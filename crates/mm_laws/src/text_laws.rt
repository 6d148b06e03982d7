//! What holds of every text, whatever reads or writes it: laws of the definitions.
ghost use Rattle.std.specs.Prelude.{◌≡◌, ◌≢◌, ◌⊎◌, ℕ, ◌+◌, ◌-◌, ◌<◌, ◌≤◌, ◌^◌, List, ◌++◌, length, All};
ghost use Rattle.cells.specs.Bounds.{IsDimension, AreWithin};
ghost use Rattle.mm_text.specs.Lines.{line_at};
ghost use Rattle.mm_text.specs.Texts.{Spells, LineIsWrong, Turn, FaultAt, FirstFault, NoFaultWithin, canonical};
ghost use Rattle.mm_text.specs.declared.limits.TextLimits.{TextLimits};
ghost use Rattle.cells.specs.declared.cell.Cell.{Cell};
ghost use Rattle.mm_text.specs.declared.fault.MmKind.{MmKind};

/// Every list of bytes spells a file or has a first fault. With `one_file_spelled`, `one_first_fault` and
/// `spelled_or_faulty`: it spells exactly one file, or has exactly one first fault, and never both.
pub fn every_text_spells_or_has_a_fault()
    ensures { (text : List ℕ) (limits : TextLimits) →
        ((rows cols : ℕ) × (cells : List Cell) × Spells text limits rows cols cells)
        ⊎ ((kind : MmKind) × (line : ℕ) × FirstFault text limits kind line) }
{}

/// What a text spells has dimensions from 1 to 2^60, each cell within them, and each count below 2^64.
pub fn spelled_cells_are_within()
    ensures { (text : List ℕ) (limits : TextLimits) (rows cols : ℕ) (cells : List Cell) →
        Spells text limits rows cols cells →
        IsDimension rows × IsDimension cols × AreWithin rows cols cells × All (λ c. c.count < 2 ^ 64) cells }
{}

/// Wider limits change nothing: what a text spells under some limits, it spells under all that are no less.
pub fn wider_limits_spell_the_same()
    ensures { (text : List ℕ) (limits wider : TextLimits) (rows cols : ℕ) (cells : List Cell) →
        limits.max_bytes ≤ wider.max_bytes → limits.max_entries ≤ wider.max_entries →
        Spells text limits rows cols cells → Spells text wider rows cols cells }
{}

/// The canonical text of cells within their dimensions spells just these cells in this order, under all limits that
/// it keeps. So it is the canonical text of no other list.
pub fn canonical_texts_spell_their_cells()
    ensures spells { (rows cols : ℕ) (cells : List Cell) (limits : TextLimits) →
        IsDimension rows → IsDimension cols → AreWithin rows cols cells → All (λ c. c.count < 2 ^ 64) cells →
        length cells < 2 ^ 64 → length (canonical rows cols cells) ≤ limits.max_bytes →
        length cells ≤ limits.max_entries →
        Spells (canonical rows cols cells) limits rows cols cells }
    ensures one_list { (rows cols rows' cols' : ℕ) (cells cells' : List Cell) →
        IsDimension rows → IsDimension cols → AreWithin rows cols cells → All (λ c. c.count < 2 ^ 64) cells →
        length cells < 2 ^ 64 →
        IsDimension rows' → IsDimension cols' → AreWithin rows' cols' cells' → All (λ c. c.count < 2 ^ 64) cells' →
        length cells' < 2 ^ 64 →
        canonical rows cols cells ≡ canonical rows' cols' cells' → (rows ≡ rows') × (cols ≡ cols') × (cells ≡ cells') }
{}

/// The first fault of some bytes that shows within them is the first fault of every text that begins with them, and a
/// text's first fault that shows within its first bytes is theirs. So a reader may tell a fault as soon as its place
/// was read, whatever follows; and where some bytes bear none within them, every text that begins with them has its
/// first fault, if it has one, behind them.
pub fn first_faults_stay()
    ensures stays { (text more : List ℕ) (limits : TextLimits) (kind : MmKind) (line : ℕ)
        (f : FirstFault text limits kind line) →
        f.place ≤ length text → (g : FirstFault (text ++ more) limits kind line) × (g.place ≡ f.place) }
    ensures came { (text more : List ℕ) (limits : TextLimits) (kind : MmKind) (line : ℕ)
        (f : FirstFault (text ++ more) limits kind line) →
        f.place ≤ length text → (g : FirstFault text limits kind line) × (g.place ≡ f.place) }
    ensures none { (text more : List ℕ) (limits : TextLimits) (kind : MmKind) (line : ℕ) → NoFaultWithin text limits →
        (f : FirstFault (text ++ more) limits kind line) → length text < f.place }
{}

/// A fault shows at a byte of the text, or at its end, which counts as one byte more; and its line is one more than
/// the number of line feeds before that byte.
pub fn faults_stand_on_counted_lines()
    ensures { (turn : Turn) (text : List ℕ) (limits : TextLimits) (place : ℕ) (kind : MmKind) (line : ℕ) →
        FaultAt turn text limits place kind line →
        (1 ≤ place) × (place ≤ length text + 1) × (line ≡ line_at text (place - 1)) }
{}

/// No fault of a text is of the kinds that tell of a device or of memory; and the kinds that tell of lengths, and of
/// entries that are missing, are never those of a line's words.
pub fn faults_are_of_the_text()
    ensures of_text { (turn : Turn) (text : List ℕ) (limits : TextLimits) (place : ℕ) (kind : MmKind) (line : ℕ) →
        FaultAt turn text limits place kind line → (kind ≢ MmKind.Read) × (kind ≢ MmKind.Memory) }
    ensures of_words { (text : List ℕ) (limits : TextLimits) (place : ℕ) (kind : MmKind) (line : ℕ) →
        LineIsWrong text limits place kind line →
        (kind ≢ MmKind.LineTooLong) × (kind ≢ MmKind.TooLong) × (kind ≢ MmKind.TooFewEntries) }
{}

----------------

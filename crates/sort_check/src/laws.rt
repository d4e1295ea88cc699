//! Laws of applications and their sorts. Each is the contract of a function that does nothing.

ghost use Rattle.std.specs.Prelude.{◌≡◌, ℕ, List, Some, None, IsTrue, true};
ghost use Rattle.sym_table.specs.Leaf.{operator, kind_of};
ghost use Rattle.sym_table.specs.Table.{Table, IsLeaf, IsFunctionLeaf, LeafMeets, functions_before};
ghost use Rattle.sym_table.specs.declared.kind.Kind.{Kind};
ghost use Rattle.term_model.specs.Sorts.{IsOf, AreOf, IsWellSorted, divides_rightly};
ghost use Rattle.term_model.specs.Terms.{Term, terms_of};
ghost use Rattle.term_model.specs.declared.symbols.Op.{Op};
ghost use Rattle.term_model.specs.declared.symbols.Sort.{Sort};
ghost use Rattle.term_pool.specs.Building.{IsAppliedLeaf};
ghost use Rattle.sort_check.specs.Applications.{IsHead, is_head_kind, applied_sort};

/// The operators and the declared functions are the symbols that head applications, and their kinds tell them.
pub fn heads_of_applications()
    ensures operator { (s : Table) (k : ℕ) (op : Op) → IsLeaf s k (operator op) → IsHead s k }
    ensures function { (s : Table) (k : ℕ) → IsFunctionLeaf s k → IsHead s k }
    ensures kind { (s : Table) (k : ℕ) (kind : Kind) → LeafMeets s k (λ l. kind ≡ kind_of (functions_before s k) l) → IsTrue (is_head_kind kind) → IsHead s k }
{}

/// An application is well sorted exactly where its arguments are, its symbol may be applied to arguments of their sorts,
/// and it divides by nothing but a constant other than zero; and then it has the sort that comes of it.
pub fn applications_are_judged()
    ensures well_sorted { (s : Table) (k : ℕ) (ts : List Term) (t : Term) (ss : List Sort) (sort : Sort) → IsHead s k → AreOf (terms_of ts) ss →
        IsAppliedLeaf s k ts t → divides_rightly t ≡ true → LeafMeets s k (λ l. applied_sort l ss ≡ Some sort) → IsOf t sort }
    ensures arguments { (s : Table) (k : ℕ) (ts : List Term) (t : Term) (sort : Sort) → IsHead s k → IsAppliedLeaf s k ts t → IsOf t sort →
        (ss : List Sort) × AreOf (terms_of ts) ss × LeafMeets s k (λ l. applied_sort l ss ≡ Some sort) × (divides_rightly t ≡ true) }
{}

----------------

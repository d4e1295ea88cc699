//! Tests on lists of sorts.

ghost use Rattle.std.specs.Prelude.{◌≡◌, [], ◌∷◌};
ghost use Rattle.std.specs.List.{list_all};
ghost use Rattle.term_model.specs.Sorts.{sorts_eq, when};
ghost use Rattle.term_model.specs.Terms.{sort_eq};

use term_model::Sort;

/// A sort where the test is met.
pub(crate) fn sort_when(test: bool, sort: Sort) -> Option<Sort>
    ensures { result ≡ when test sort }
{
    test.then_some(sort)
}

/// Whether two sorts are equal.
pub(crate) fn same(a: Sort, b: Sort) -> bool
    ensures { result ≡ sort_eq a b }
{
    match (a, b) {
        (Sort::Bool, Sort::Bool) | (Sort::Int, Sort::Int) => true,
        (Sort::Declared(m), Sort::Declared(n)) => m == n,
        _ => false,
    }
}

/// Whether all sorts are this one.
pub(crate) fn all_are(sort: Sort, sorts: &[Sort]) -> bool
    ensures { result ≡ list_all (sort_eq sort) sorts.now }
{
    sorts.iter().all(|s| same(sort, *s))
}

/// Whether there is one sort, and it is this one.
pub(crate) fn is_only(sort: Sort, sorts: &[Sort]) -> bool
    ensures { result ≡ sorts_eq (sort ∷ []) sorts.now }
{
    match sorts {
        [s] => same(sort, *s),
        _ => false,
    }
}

----------------

REQUIREMENT
Retrieve all lines from the data that contain the string "place".

ANSWER SPACE
/// text's first fault that shows within its first bytes is theirs. So a reader may tell a fault as soon as its place
        f.place ≤ length text → (g : FirstFault (text ++ more) limits kind line) × (g.place ≡ f.place) }
        f.place ≤ length text → (g : FirstFault text limits kind line) × (g.place ≡ f.place) }
        (f : FirstFault (text ++ more) limits kind line) → length text < f.place }
    ensures { (turn : Turn) (text : List ℕ) (limits : TextLimits) (place : ℕ) (kind : MmKind) (line : ℕ) →
        FaultAt turn text limits place kind line →
        (1 ≤ place) × (place ≤ length text + 1) × (line ≡ line_at text (place - 1)) }
    ensures of_text { (turn : Turn) (text : List ℕ) (limits : TextLimits) (place : ℕ) (kind : MmKind) (line : ℕ) →
        FaultAt turn text limits place kind line → (kind ≢ MmKind.Read) × (kind ≢ MmKind.Memory) }
    ensures of_words { (text : List ℕ) (limits : TextLimits) (place : ℕ) (kind : MmKind) (line : ℕ) →
        LineIsWrong text limits place kind line →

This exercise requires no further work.